In diesem Laborteil mussten die vorher gesammelten und bei – 20°C eingefrorenen Bienen folgendermaßen aufbereitet werden, um zum viralen Erbmaterial zu kommen:
Bei den ersten Vorbereitungsmaßnahmen behandelten wir unter strengsten Sicherheitsvorschriften (wie Handschuhe und Mundschutz) Porzellanschalen und Mörser zuerst mit NaOH, um eventuell darauf vorhandene RNA zu zerstören. Anschließend wurde zur Entfernung der Natronlauge mit DEPC- Wasser (Di- ethyl- pyro- carbonat) gespült.
DEPC zerstört RNAsen, Enzyme, die überall vorhanden sind, unsere Viren- RNA zersetzen und das Ergebnis verfälschen würden. DEPC ist eine sehr gefährliche Substanz, die zuerst 12 Stunden bei 37 °C einwirken muss, um anschließend durch Autoklavieren zu harmlosem CO2 und Ethanol zu zerfallen und dann erst gefahrlos verwendet werden kann.
Zum Autoklavieren, dem weiteren
Keimfreimachen, wickelten wir die behandelten Werkzeuge zusätzlich in Alufolie. Mit einer in 70%igem Alkohol gereinigten und anschließend abgeflammten Pinzette entnahmen wir aus einer Probe 20 Bienen und gaben sie in die vorgesehene Porzellanschale.
Um die Bienen nun zerkleinern zu können, behand- elten wir sie mit flüssigem Stickstoff. Damit frieren die Bienen binnen weniger Sekunden völlig ein. Somit kann man sie mit dem Mörser leicht zerdrücken und die einzelnen Zellen werden mechanisch aufgebrochen.

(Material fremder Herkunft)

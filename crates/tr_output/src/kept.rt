ghost use Rattle.std.specs.Prelude.{◌≡◌, ◌≤◌, ◌++◌, [], OnOk, OnErr, min, length};
ghost use Rattle.std.specs.List.{flat_map};
ghost use Rattle.tr_io.specs.Faults.{HasFault};
ghost use Rattle.tr_io.specs.Streams.{Grew, GrewByPrefix};
ghost use Rattle.tr_output.specs.Buffers.{IsFresh};
ghost use Rattle.tr_output.specs.Texts.{row_text};

use crate::buffers::{Buffer, write_pieces};
use crate::pieces::{Dumps, Piece, len_of_all, push_rows};
use std::alloc::Global;
use std::marker::Model;
use tr_base::NoMemory;
use tr_io::{Failed, Sink};
use tr_screen::Screen;

/// A text up to its last row of pixels. Its model is its bytes.
#[derive(Drop)]
pub(crate) struct Kept {
    pieces: Vec<Piece>,
    /// The pixels of the rows. Equal rows share theirs.
    pixels: Vec<u8>,
    dumps: Dumps,
}

impl Model for Kept {
    ghost use Rattle.std.specs.Prelude.{ℕ, List, All, length};

    ghost Value = { List ℕ };

    ghost use Rattle.tr_output.specs.Pieces.{IsPieceWithin, pieces_text};

    ghost view = { λ k. pieces_text k.pixels.items k.pieces.items };

    ghost invariant = { λ k. All (IsPieceWithin (length k.pixels.items)) k.pieces.items };
}

impl Kept {
    /// An empty text.
    pub(crate) fn new(alloc: Global) -> Kept
        ensures { result ≡ [] }
    {
        Kept {
            pieces: Vec::new(alloc),
            pixels: Vec::new(alloc),
            dumps: Dumps {
                present: 0,
                last: 0,
            },
        }
    }

    /// Appends the bytes of `tail` to the text, and then to `tail` a line, and then a line for each row of a
    /// screen. All memory is taken before anything changes.
    pub(crate) fn append_screen(
        &mut self,
        alloc: Global,
        tail: &mut Vec<u8>,
        head: &[u8],
        screen: &Screen,
    ) -> Result<(), NoMemory>
        ensures ok { OnOk result (self.new
            ≡ (self.old ++ (tail.old.items ++ head.now)) ++ flat_map row_text screen.now.rows) }
        ensures moved { OnOk result (tail.new.items ≡ []) }
        ensures err { OnErr result (self.new ≡ self.old) }
        ensures err_tail { OnErr result (tail.new.items ≡ tail.old.items) }
    {
        let size = screen.size();
        let (wide, high) = (usize::from(size.wide), usize::from(size.high));
        self.pieces.reserve(high + 1)?;
        self.pixels.reserve(high * wide)?;
        tail.extend_from_slice(head)?;
        let bytes = std::mem::replace(tail, Vec::new(alloc));
        self.pieces.push_reserved(Piece::Bytes(bytes));
        self.dumps = Dumps {
            present: self.pieces.len(),
            last: self.dumps.present,
        };
        push_rows(&mut self.pieces, &mut self.pixels, &self.dumps, screen);
        Ok(())
    }

    /// Writes the text, and then `tail`, by way of an empty buffer.
    pub(crate) fn write_to<K: Sink>(
        &self,
        sink: &mut K,
        buffer: &mut Buffer,
        tail: &[u8],
    ) -> Result<(), Failed>
        requires room { length (self.now ++ tail.now) ≤ K.room sink.old }
        requires buffer { IsFresh buffer.old }
        ensures ok { OnOk result (Grew (K.written sink.old) (K.written sink.new) (self.now ++ tail.now)) }
        ensures err { OnErr result (GrewByPrefix (K.written sink.old) (K.written sink.new)
            (self.now ++ tail.now)) }
        ensures failed { OnErr result (HasFault (K.faults sink.old) (K.faults sink.new)) }
        ensures rising { K.faults sink.old ≤ K.faults sink.new }
    {
        write_pieces(sink, buffer, &self.pieces, &self.pixels, tail)
    }

    /// The number of bytes of the text, at most 2^64 - 1.
    pub(crate) fn len(&self) -> usize
        ensures { result ≡ min (length self.now) usize.MAX }
    {
        len_of_all(&self.pieces, self.pixels.len())
    }
}
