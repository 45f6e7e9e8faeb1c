ghost use Rattle.std.specs.Prelude.{◌≡◌, ◌≤◌, ◌++◌, [], Err, OnOk, OnErr, min, length};
ghost use Rattle.std.specs.List.{flat_map};
ghost use Rattle.tr_io.specs.Faults.{HasFault};
ghost use Rattle.tr_io.specs.Streams.{Grew, GrewByPrefix};
ghost use Rattle.tr_output.specs.Texts.{row_text};

use crate::buffers::Buffer;
use crate::errors::WriteRefused;
use crate::kept::Kept;
use std::alloc::Global;
use std::marker::Model;
use tr_base::NoMemory;
use tr_io::Sink;
use tr_screen::Screen;

/// A text that is kept until it is written. Its model is its bytes.
#[derive(Drop)]
pub struct Output {
    alloc: Global,
    kept: Kept,
    /// The bytes after the last row of pixels. Callers append to it.
    pub tail: Vec<u8>,
}

impl Model for Output {
    ghost use Rattle.std.specs.Prelude.{ℕ, List, ◌++◌};

    ghost Value = { List ℕ };

    ghost view = { λ o. o.kept ++ o.tail.items };
}

impl Output {
    /// An empty text.
    pub fn new(alloc: Global) -> Output
        ensures { result ≡ [] }
    {
        Output::of(alloc, Vec::new(alloc))
    }

    /// A text of these bytes.
    pub fn of(alloc: Global, bytes: Vec<u8>) -> Output
        ensures { result ≡ bytes.items }
    {
        Output {
            alloc,
            kept: Kept::new(alloc),
            tail: bytes,
        }
    }

    /// The allocator of its memory.
    pub fn alloc(&self) -> Global {
        self.alloc
    }

    /// Appends bytes, or nothing.
    pub fn append_bytes(&mut self, bytes: &[u8]) -> Result<(), NoMemory>
        ensures ok { OnOk result (self.new ≡ self.old ++ bytes.now) }
        ensures err { OnErr result (self.new ≡ self.old) }
    {
        Ok(self.tail.extend_from_slice(bytes)?)
    }

    /// Appends a line, and then a line for each row of a screen, or nothing.
    pub fn append_screen(&mut self, head: &[u8], screen: &Screen) -> Result<(), NoMemory>
        ensures ok { OnOk result (self.new ≡ self.old ++ (head.now ++ flat_map row_text screen.now.rows)) }
        ensures err { OnErr result (self.new ≡ self.old) }
    {
        self.kept
            .append_screen(self.alloc, &mut self.tail, head, screen)
    }

    /// Writes the text, by way of a buffer of fixed size. All memory is taken before the first byte.
    pub fn write_to<K: Sink>(&self, sink: &mut K) -> Result<(), WriteRefused>
        ensures ok { OnOk result (Grew (K.written sink.old) (K.written sink.new) self.now) }
        ensures no_memory { result ≡ Err WriteRefused.NoMemory → K.written sink.new ≡ K.written sink.old }
        ensures failed { result ≡ Err WriteRefused.Failed →
            HasFault (K.faults sink.old) (K.faults sink.new)
            × GrewByPrefix (K.written sink.old) (K.written sink.new) self.now }
        ensures rising { K.faults sink.old ≤ K.faults sink.new }
    {
        let mut buffer = Buffer::new(self.alloc)?;
        let len = self.len();
        if len == usize::MAX {
            return Err(WriteRefused::NoMemory);
        }
        sink.reserve(len)?;
        self.kept.write_to(sink, &mut buffer, &self.tail)?;
        Ok(())
    }

    /// The number of bytes, at most 2^64 - 1.
    fn len(&self) -> usize
        ensures { result ≡ min (length self.now) usize.MAX }
    {
        self.kept.len().saturating_add(self.tail.len())
    }
}
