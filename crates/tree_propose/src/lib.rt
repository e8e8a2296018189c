//! The proposer of trees: the polynomials of the least trees as a table. Promised: which table it
//! gives. Not promised: that the table multiplies in the presentation.
#![tactic(auto)]

pub mod laws;
mod sameness;
mod table;
mod tree_proposer;

pub use tree_proposer::TreeProposer;
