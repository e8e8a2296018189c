//! The proposer of trees.

ghost use Rattle.std.specs.Prelude.{◌≡◌, ℕ, ◌≤◌, length, IfOk};

use crate::sameness::are_same;
use crate::table::tree_table;
use dt_letters::Letters;
use hall_table::{Memory, Table};
use nil_pres::Presentation;
use nil_propose::Proposer;
use std::alloc::Global;
use std::marker::Model;

/// Gives the table of the polynomials of the least trees. It keeps the letters that it found, and
/// begins anew where it is asked of another presentation.
#[derive(Drop)]
pub struct TreeProposer {
    label: u32,
    letters: Option<Letters>,
}

impl Model for TreeProposer {
    ghost use Rattle.std.specs.Prelude.{ℕ};

    ghost Value = { ℕ };

    ghost view = { λ s. s.label };
}

impl Proposer for TreeProposer {
    ghost use Rattle.tree_propose.specs.Giving.{tree_table};

    ghost gives = { λ _ pres level. tree_table pres level };

    ghost named = { λ s. s };

    fn propose(
        &mut self,
        alloc: Global,
        pres: &Presentation,
        level: u32,
    ) -> Result<Option<Table>, Memory> {
        let mut letters = self.letters_over(alloc, pres)?;
        let table = tree_table(alloc, &mut letters, level);
        self.letters = Some(letters);
        table
    }

    fn label(&self) -> u32 {
        self.label
    }
}

impl TreeProposer {
    /// A proposer with a label, and no letters.
    pub fn new(label: u32) -> TreeProposer
        ensures { result ≡ label }
    {
        TreeProposer {
            label,
            letters: None,
        }
    }

    /// The letters that were kept, where they are over the presentation, and else an empty arena.
    fn letters_over(&mut self, alloc: Global, pres: &Presentation) -> Result<Letters, Memory>
        ensures pres { IfOk result (λ letters. letters.pres ≡ pres.now) }
        ensures label { self.new ≡ self.old }
    {
        match self.letters.take() {
            Some(letters) if are_same(letters.pres(), pres) => Ok(letters),
            _ => Letters::new(alloc, pres),
        }
    }
}
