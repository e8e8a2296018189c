//! What the least trees give.

ghost use Rattle.std.specs.Prelude.{◌≡◌, ℕ, ◌≤◌, length, MatchOption};
ghost use Rattle.nil_pres.specs.Presented.{Presented, IsPresented};
ghost use Rattle.dt_letters.specs.Allowed.{exponents_of};
ghost use Rattle.dt_trees.specs.Polynomials.{polys_of};
ghost use Rattle.hall_table.specs.Tabled.{IsTabled};
ghost use Rattle.tree_propose.specs.Giving.{AnyOverflows, tree_table, types_from};

/// There is no table exactly where one of the polynomials overflows, and else they have the shape
/// of a table.
pub fn giving()
    ensures { (p : Presented) (level : ℕ) → IsPresented p → 1 ≤ level → level ≤ length p.names
        → MatchOption (tree_table p level) (AnyOverflows p level) (λ t. IsTabled t
        × (t.level ≡ level) × (t.polys ≡ polys_of (exponents_of p) level (types_from p level))
        × ¬ AnyOverflows p level) }
{}
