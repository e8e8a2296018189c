//! Whether two presentations are equal.

ghost use Rattle.std.specs.Prelude.{◌≡◌, ◌≤◌, ◌↔◌, length, IsTrue};
ghost use Rattle.tree_propose.specs.Sameness.{HaveSameRow};

use nil_pres::Presentation;

/// Whether the names are equal.
fn have_same_names(p: &Presentation, q: &Presentation) -> bool
    requires { length p.now.names ≡ length q.now.names }
    ensures { IsTrue result ↔ (p.now.names ≡ q.now.names) }
{
    for k in 1..p.count() + 1 {
        if p.name(k) != q.name(k) {
            return false;
        }
    }
    true
}

/// Whether the pairs of a generator with lower ones have equal right sides.
fn have_same_row(p: &Presentation, q: &Presentation, j: u32) -> bool
    requires p { j ≤ length p.now.names }
    requires q { j ≤ length q.now.names }
    ensures { IsTrue result ↔ HaveSameRow p.now q.now j }
{
    for i in 1..j {
        if p.right_side(j, i) != q.right_side(j, i) {
            return false;
        }
    }
    true
}

/// Whether two presentations are equal.
pub(crate) fn are_same(p: &Presentation, q: &Presentation) -> bool
    ensures { IsTrue result ↔ (p.now ≡ q.now) }
{
    let count = p.count();
    if q.count() != count || !have_same_names(p, q) {
        return false;
    }
    for j in 1..count + 1 {
        if !have_same_row(p, q, j) {
            return false;
        }
    }
    true
}
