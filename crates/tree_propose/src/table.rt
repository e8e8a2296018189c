//! The table of the polynomials of the least trees.

ghost use Rattle.std.specs.Prelude.{◌≡◌, ◌≤◌, length, IfOk};
ghost use Rattle.tree_propose.specs.Giving.{tree_table};

use binom_poly::Poly;
use dt_letters::Letters;
use dt_trees::tree_polys;
use hall_table::{Memory, Table, TableOfFault};
use std::alloc::{AllocError, Global};

/// The table of the tree polynomials of a level, where none of them overflows.
pub(crate) fn tree_table(
    alloc: Global,
    letters: &mut Letters,
    level: u32,
) -> Result<Option<Table>, Memory>
    requires least { 1 ≤ level }
    requires most { level ≤ length letters.old.pres.names }
    ensures { IfOk result (λ table. table ≡ tree_table letters.old.pres level) }
{
    let _generators = letters.pres().count();
    let Some(polys) = tree_polys(alloc, letters, level)? else {
        return Ok(None);
    };
    match Table::of(alloc, level, polys) {
        Ok(table) => Ok(Some(table)),
        Err(TableOfFault::Shape(_)) => unreachable!(),
        Err(TableOfFault::Memory) => Err(AllocError),
    }
}
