// What one record is told, with its numbers. The scan has a form of its own that is compiled into its loop; the contracts here say that
// this one tells what that one found.
ghost use Rattle.std.specs.Prelude.{◌≡◌};
ghost use Rattle.rules.specs.Numbers.{told_verdict};
ghost use Rattle.rules.specs.Verdict.{rejected};
ghost use Rattle.pricing.specs.Pricing.{Settled};
ghost use Rattle.kernel_verdict.specs.Verdict.{by_score, verdict_in};
ghost use Rattle.explain_entries.specs.Scanned.{scanned};

use gates::first_failed_gate;
use pricing::Pricing;
use pricing_terms::{ScoredTerms, ZERO_SCORE, utility_terms};
use rejections::gate_detail;
use rules::{CandidateVerdict, GateDetail, KernelInput, KernelModel};

// Verdict 1, with the gate's number and what it compared.
fn gate_verdict(gate: u8, detail: GateDetail) -> CandidateVerdict
    ensures { told_verdict result ≡ rejected gate detail }
{
    CandidateVerdict::Rejected {
        gate,
        measured: detail.measured,
        limit: detail.limit,
    }
}

// By the score: not positive, or eligible.
#[tactic(auto, unfolding(kernel_verdict::specs::Verdict::by_score, crate::specs::Scanned::scanned, rules::specs::Choice::below))]
fn verdict_by_score(input: KernelInput, model: KernelModel, scored: ScoredTerms) -> CandidateVerdict
    ensures { told_verdict result ≡ scanned input model (by_score scored) }
{
    let terms = utility_terms(scored);
    if ZERO_SCORE < scored.score {
        CandidateVerdict::Eligible(terms)
    } else {
        CandidateVerdict::NonPositiveUtility(terms)
    }
}

// A gate that fails, then the budget, then the utility: `Pricing::verdict`. In a function of its own the loop of `explain` would take a quarter more
// instructions.
#[inline(always)]
pub fn candidate_verdict(
    pricing: Pricing,
    input: KernelInput,
    model: KernelModel,
) -> CandidateVerdict
    requires { Settled pricing }
    ensures { told_verdict result ≡ scanned input model (verdict_in pricing input model) }
{
    let gate = first_failed_gate(model, input);
    if 0 < gate {
        return gate_verdict(gate, gate_detail(model, input, gate));
    }
    let cost = pricing_cost::cost_alone(pricing.rounding, model, input);
    if input.budget_limit_microunits < cost {
        return CandidateVerdict::OverBudget {
            cost_microunits: cost,
            limit_microunits: input.budget_limit_microunits,
        };
    }
    verdict_by_score(
        input,
        model,
        pricing_terms::terms_wide(pricing, model, cost),
    )
}

// The same of one record by itself, for the desk.
pub fn verdict_alone(pricing: Pricing, input: KernelInput, model: KernelModel) -> CandidateVerdict
    requires { Settled pricing }
    ensures { told_verdict result ≡ scanned input model (verdict_in pricing input model) }
{
    candidate_verdict(pricing, input, model)
}
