// For `explain`: what one record is told, with its numbers, and the 72 bytes of its entry.
#![tactic(auto)]

pub mod entry;
pub mod verdict;
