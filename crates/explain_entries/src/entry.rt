// One entry of an explanation in bytes.
ghost use Rattle.std.specs.Prelude.{◌≡◌};
ghost use Rattle.rules.specs.Numbers.{two_numbers, told_terms, told_verdict};
ghost use Rattle.rules.specs.Explain.{explanation_record};
ghost use Rattle.explain_entries.specs.Entry.{verdict_numbers, judged_entry};

use endian_signs::signed_bits;
use endian_writing::{put_wide, put16, put32, put64};
use rules::limits::EXPLANATION_BYTES;
use rules::{CandidateVerdict, KernelModel, UtilityTerms, Wide};

pub type EntryBytes = [u8; EXPLANATION_BYTES];

// A verdict in document 01's numbers, as they stand in an entry from offset 6 on.
#[derive(Clone, Copy)]
pub struct VerdictNumbers {
    pub kind: u8,
    pub gate: u8,
    // Measured, cost or quality term.
    pub first: Wide,
    // Limit, budget or risk term.
    pub second: Wide,
    pub cost: u64,
    pub latency: Wide,
    pub utility: i64,
}

// Verdicts 1 and 2 carry two numbers; the rest stays 0.
#[tactic(auto, unfolding(rules::specs::Wide::limbs))]
fn two_numbers(kind: u8, gate: u8, first: u64, second: u64) -> VerdictNumbers
    ensures { verdict_numbers result ≡ two_numbers kind gate first second }
{
    VerdictNumbers {
        kind,
        gate,
        first: Wide { hi: 0, lo: first },
        second: Wide { hi: 0, lo: second },
        cost: 0,
        latency: Wide { hi: 0, lo: 0 },
        utility: 0,
    }
}

// Verdicts 3 and 4 carry all terms.
fn all_terms(kind: u8, terms: UtilityTerms) -> VerdictNumbers
    ensures { verdict_numbers result ≡ told_terms kind terms }
{
    VerdictNumbers {
        kind,
        gate: 0,
        first: terms.quality_adjusted,
        second: terms.risk_penalty,
        cost: terms.cost_microunits,
        latency: terms.latency_penalty,
        utility: terms.utility,
    }
}

// The numbers of a verdict.
pub fn verdict_numbers(verdict: CandidateVerdict) -> VerdictNumbers
    ensures { verdict_numbers result ≡ told_verdict verdict }
{
    match verdict {
        CandidateVerdict::Rejected {
            gate,
            measured,
            limit,
        } => two_numbers(1, gate, measured, limit),
        CandidateVerdict::OverBudget {
            cost_microunits,
            limit_microunits,
        } => two_numbers(2, 0, cost_microunits, limit_microunits),
        CandidateVerdict::NonPositiveUtility(terms) => all_terms(3, terms),
        CandidateVerdict::Eligible(terms) => all_terms(4, terms),
    }
}

// The bytes of an entry: zeros at first, then its fields one after the other.
pub fn entry_bytes(place: u16, model: KernelModel, told: VerdictNumbers) -> EntryBytes
    ensures { result ≡ explanation_record (judged_entry place model (verdict_numbers told)) }
{
    let mut a = [0u8; EXPLANATION_BYTES];
    put32(&mut a, 0, model.model_id);
    put16(&mut a, 4, place);
    a[6] = told.kind;
    a[7] = told.gate;
    put_wide(&mut a, 8, told.first);
    put_wide(&mut a, 24, told.second);
    put64(&mut a, 40, told.cost);
    put_wide(&mut a, 48, told.latency);
    put64(&mut a, 64, signed_bits(told.utility));
    a
}
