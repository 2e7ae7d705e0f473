// For other crates: what refuses an input, in words, put into a buffer from a position on, which must leave room.
#![tactic(auto)]

ghost use Rattle.std.specs.Prelude.{◌≡◌, ◌+◌, ◌≤◌, length};
ghost use Rattle.rules.specs.Refused.{told_refusal};
ghost use Rattle.rules.specs.FaultWords.{too_many, field_words, range_words, fault_words, refused_words};
ghost use Rattle.rules.specs.Phrases.{sentence};
ghost use Rattle.rules.specs.NotChosen.{of_model};
ghost use Rattle.rules.specs.Text.{text};
ghost use Rattle.std.proofs.Math.Option.{some};
ghost use Rattle.splice.specs.Placed.{placed};
ghost use Rattle.program_refusals.specs.Parts.{provider_words, form_words};

use program_lines::put_refused;
use program_phrases::{put_about, put_comparing, put_remark, put_sentence};
use rules::Refusal;
use text::{put_byte, put_text};

// A number of basis points above the highest that is allowed.
fn put_too_many(out: &mut [u8], at: usize, name: &[u8], value: u16, highest: &[u8]) -> usize
    requires { at + (length name.now + 60 + length highest.now) ≤ length out.old }
    ensures out_after { some (result, out.new) ≡ placed out.old at (too_many name.now value highest.now) }
    ensures upper_bound { result ≤ at + (length name.now + 60 + length highest.now) }
{
    let next = put_about(out, at, name, u64::from(value), b" basis points; at most ");
    let end = put_text(out, next, highest);
    put_text(out, end, b" are allowed.")
}

// The same where the whole is the highest.
#[tactic(auto, unfolding(rules::specs::Text::text))]
fn put_past_whole(out: &mut [u8], at: usize, name: &[u8], value: u16) -> usize
    requires { at + (length name.now + 65) ≤ length out.old }
    ensures out_after { some (result, out.new) ≡ placed out.old at (too_many name.now value (text "10000")) }
    ensures upper_bound { result ≤ at + (length name.now + 65) }
{
    put_too_many(out, at, name, value, b"10000")
}

// Which field of the request or of the policy, and what it says.
fn put_field(out: &mut [u8], at: usize, field: u8, value: u16) -> usize
    requires { at + 110 ≤ length out.old }
    ensures out_after { some (result, out.new) ≡ placed out.old at (field_words field value) }
    ensures upper_bound { result ≤ at + 110 }
{
    let multiplier = b"The policy's risk multiplier is ";
    match field {
        1 => put_past_whole(out, at, b"The request's risk is ", value),
        2 => put_past_whole(out, at, b"The request's confidence is ", value),
        3 => put_past_whole(out, at, b"The request's minimum quality is ", value),
        4 => put_past_whole(out, at, b"The policy's hard risk limit is ", value),
        5 => put_past_whole(out, at, b"The policy's minimum confidence is ", value),
        _ => put_too_many(out, at, multiplier, value, b"50000"),
    }
}

// A model's quality or ceiling.
#[tactic(auto, unfolding(rules::specs::FaultWords::range_words, rules::specs::Choice::equal, rules::specs::Text::text))]
fn put_range(out: &mut [u8], at: usize, field: u8, value: u16) -> usize
    requires { at + 110 ≤ length out.old }
    ensures out_after { some (result, out.new) ≡ placed out.old at (range_words field value) }
    ensures upper_bound { result ≤ at + 110 }
{
    if field == 7 {
        return put_past_whole(out, at, b" has a quality of ", value);
    }
    put_past_whole(out, at, b" has a risk ceiling of ", value)
}

// The sentence about a field of the request or of the policy.
fn put_field_sentence(out: &mut [u8], at: usize, field: u8, value: u16) -> usize
    requires { at + 111 ≤ length out.old }
    ensures out_after { some (result, out.new) ≡ placed out.old at (sentence (field_words field value)) }
    ensures upper_bound { result ≤ at + 111 }
{
    let end = put_field(out, at, field, value);
    put_byte(out, end, b'\n')
}

// The sentence about a model's quality or ceiling.
fn put_range_sentence(out: &mut [u8], at: usize, id: u32, field: u8, value: u16) -> usize
    requires { at + 140 ≤ length out.old }
    ensures out_after { some (result, out.new) ≡ placed out.old at (of_model id (range_words field value)) }
    ensures upper_bound { result ≤ at + 140 }
{
    let next = put_about(out, at, b"Model ", u64::from(id), b"");
    let end = put_range(out, next, field, value);
    put_byte(out, end, b'\n')
}

// The sentence about a model's provider.
fn put_provider(out: &mut [u8], at: usize, id: u32, provider: u16) -> usize
    requires { at + 140 ≤ length out.old }
    ensures out_after { some (result, out.new) ≡ placed out.old at (provider_words id provider) }
    ensures upper_bound { result ≤ at + 140 }
{
    let range = b"; providers go from 0 to 63.";
    let end = put_comparing(
        out,
        at,
        b"Model ",
        u64::from(id),
        b" has provider ",
        u64::from(provider),
        range,
    );
    put_byte(out, end, b'\n')
}

// The sentences of 19 to 23 and 25; no other refusal that comes here has one.
fn put_form_fault(out: &mut [u8], at: usize, refusal: Refusal) -> usize
    requires { at + 70 ≤ length out.old }
    ensures out_after { some (result, out.new) ≡ placed out.old at (form_words (told_refusal refusal).number) }
    ensures upper_bound { result ≤ at + 70 }
{
    let misplaced = b"A field of the input is missing, out of its order, or one too many.";
    let misfit = b"A field of the input has a length that its tag does not have.";
    let unrounded = b"The input's rounding, under tag 4, is not 1.";
    let unallowed = b"The input's latency allowance, under tag 5, is 0.";
    match refusal {
        Refusal::TooManyForProgram => put_sentence(out, at, b"More than 900 models are listed."),
        Refusal::CutShort => put_sentence(out, at, b"The input ends within a field."),
        Refusal::WrongTag => put_sentence(out, at, misplaced),
        Refusal::WrongLength => put_sentence(out, at, misfit),
        Refusal::UnknownRounding => put_sentence(out, at, unrounded),
        Refusal::ZeroAllowance => put_sentence(out, at, unallowed),
        _ => at,
    }
}

// The sentence of a refusal, by the id that was asked about.
#[tactic(auto, unfolding(rules::specs::FaultWords::fault_words, rules::specs::Choice::equal, crate::specs::Parts::provider_words))]
fn put_fault(out: &mut [u8], at: usize, asked: u32, refusal: Refusal) -> usize
    requires { at + 140 ≤ length out.old }
    ensures out_after { some (result, out.new) ≡ placed out.old at (fault_words asked (told_refusal refusal)) }
    ensures upper_bound { result ≤ at + 140 }
{
    match refusal {
        Refusal::InputOutOfRange { field, value, .. } => put_field_sentence(out, at, field, value),
        Refusal::UnknownModel => put_remark(
            out,
            at,
            b"Model ",
            u64::from(asked),
            b" is not listed.",
        ),
        Refusal::PolicyOutOfRange { field, value } => put_field_sentence(out, at, field, value),
        Refusal::EmptyCatalog => put_sentence(out, at, b"No model is listed."),
        Refusal::DuplicateModelId { model_id } => {
            put_remark(
                out,
                at,
                b"Model ",
                u64::from(model_id),
                b" is listed more than once.",
            )
        }
        Refusal::InvalidProviderId {
            model_id,
            provider_id,
        } => put_provider(out, at, model_id, provider_id),
        Refusal::ModelOutOfRange {
            field,
            model_id,
            value,
        } => put_range_sentence(out, at, model_id, field, value),
        Refusal::NoEnabledModels => put_sentence(out, at, b"Every model is switched off."),
        _ => put_form_fault(out, at, refusal),
    }
}

// The line of a refusal, and its sentence.
pub fn put_refused_words(out: &mut [u8], asked: u32, refusal: Refusal) -> usize
    requires { 170 ≤ length out.old }
    ensures { some (result, out.new) ≡ placed out.old 0 (refused_words asked (told_refusal refusal)) }
{
    let next = put_refused(out, 0, refusal);
    put_fault(out, next, asked, refusal)
}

Mit flüssigem Stickstoff, der eine Temperatur von -196°C hat, muss man allerdings vorsichtig arbeiten. Verletzungen mit flüssigem Stickstoff haben ähnliche Auswirkungen wie Verbrennungen, doch der betroffene Teil „friert“ regelrecht ab.
Die fein zermahlenen Bienen wurden nun mit autoklaviertem DEPC- Wasser aufgegossen und vermengt. Zur Aufbewahrung froren wir die sterilen und etikettierten Probenröhrchen wieder ein, um sie bis zur Testphase zu lagern.